The CPI's historic failure to generate Indian nationalist sentiment on its side is directly responsible for the "satellite mentality" of its sympathizers inside and outside the Congress Party. It would even today be helpful for the CPI in assessing the current political situation to review the events concerning the formation of the Left Consolidation Committee and particularly their ideological competition with Subhas Chandra Bose and Jayaprakash Narayan at the end of the year 1938. The CPI preferred a head-on clash with Indian nationalism rather than adjust its ideological beliefs to Indian conditions. Even Subhas Chandra Bose who after the Tripuri session sought to unite all left elements including the CPI had to confess his failure against the absolutisms of the Indian Communists.

The CPI and its friends had a valuable opportunity to profit from the impact of the Soviet support to India on the question of Bangladesh and take advantage of the enhanced Soviet diplomatic influence in India. Significantly, Soviet diplomats in India have today reason to be highly concerned about the negative impressions which are being cratead by their friends. "God save me from my friends, I can save myself from my enemies" could well be the report from the Soviet Ambassador in New Delhi to his headquarters in Moscow. It is the CPI lobby which is directly responsible for the sluggish nature of Indo-Soviet relations in the aftermath of the Indo-Soviet treaty. The Brezhnev visit could have been the occasion for emotional solidarity between Indians and Russians but for the highly selected and discriminatory and even coercive strategy employed by the CPI and its supporters in securing obsessive declarations of Indo-Soviet alignment.

The major task facing the Congress Party is to reconstruct the political system so that its power and force are freshly legitimized.

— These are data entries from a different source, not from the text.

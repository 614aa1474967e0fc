//! The names of one kind of thing, each found quickly.
ghost use Rattle.std.specs.Prelude.{◌≡◌, ◌==◌, ◌<◌, ◌++◌, ◌∷◌, [], None, Some, length, position, slice_get, IfSome, OnOk, OnErr};
ghost use Rattle.std.specs.Str.{bytes_eq};

use indexmap::IndexSet;
use std::alloc::{AllocError, Global};
use std::marker::Model;
use std::str;

/// Names in the order in which they were given. Contracts see the list of them, each as its bytes.
#[derive(Drop)]
pub struct NameSet {
    names: IndexSet<String>,
}

impl Model for NameSet {
    ghost use Rattle.std.specs.Prelude.{List, ℕ, map, string_bytes};

    ghost Value = { List (List ℕ) };

    ghost view = { λ set. map string_bytes set.names.keys };
}

impl NameSet {
    ghost use Rattle.smol_line.specs.Names.{is_named};
    ghost use Rattle.std.specs.Prelude.{false};

    /// No names, which takes no memory.
    pub fn new(alloc: Global) -> NameSet
        ensures { result ≡ [] }
    {
        NameSet {
            names: IndexSet::new(alloc),
        }
    }

    /// How many names there are.
    pub fn len(&self) -> usize
        ensures { result ≡ length self.now }
    {
        self.names.len()
    }

    /// Whether there are none.
    pub fn is_empty(&self) -> bool
        ensures { result ≡ (length self.now == 0) }
    {
        self.len() == 0
    }

    /// The number of a name, counted from 0.
    pub fn number_of(&self, name: &[u8]) -> Option<usize>
        ensures value { result ≡ position (bytes_eq name.now) self.now }
        ensures within { IfSome result (λ number. number < length self.now) }
    {
        match str::from_utf8(name) {
            Ok(text) => self.names.get_index_of(text),
            Err(_) => None,
        }
    }

    /// Adds a new name behind the others.
    pub fn add(&mut self, alloc: Global, name: &str) -> Result<(), AllocError>
        requires new { is_named self.old name.now ≡ false }
        ensures added { OnOk result (self.new ≡ self.old ++ name.now ∷ []) }
        ensures err { OnErr result (self.new ≡ self.old) }
    {
        let name = String::from_str(alloc, name)?;
        self.names.insert(name)?;
        Ok(())
    }

    /// The name of a number.
    pub fn name(&self, number: usize) -> &str
        requires { number < length self.now }
        ensures { slice_get self.now number ≡ Some result.now }
    {
        self.names.as_slice()[number].as_str()
    }
}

The impact of JP's movement is growing in its territorial scope and the involvement of Uttar Pradesh whether directly or via the Bharatiya Lok Dal would make Congress rule precarious. Close relations with the CPI give the Left Extremists a certain status and possibly individual ministers experience a certain prestige in Soviet eyes. On the other hand everyday there is fresh evidence that the "ideological and moral" submissiveness of the Congress Party on account of its links with the CPI has become a major obstacle to the development of a political mobilisation system appropriate to the late seventies. Satellitism also does not go well with a "nuclear status" in foreign affairs.

There are sources of conflict between the CPI and the Congress implicit in the sociological processes of the Indian political society. So far the attention of the Congress was focused on the momentum of the Indira wave. The economic setbacks and JP's movement have highlighted the sectarian and dogmatic errors of the Left Extremists in the Congress. Many Congressmen must have drawn the attention of Mr. Dev Kant Barooah to the reported statement of the CPI Central Secretariat member Mr. S. Kumaran at Quilon when he inaugurated the 5-day State conference of the CPI: "The aim of the Communist Party of India is to dislodge the Indira Gandhi Government and install a progressive government with the help of progressive and leftist forces within the Congress".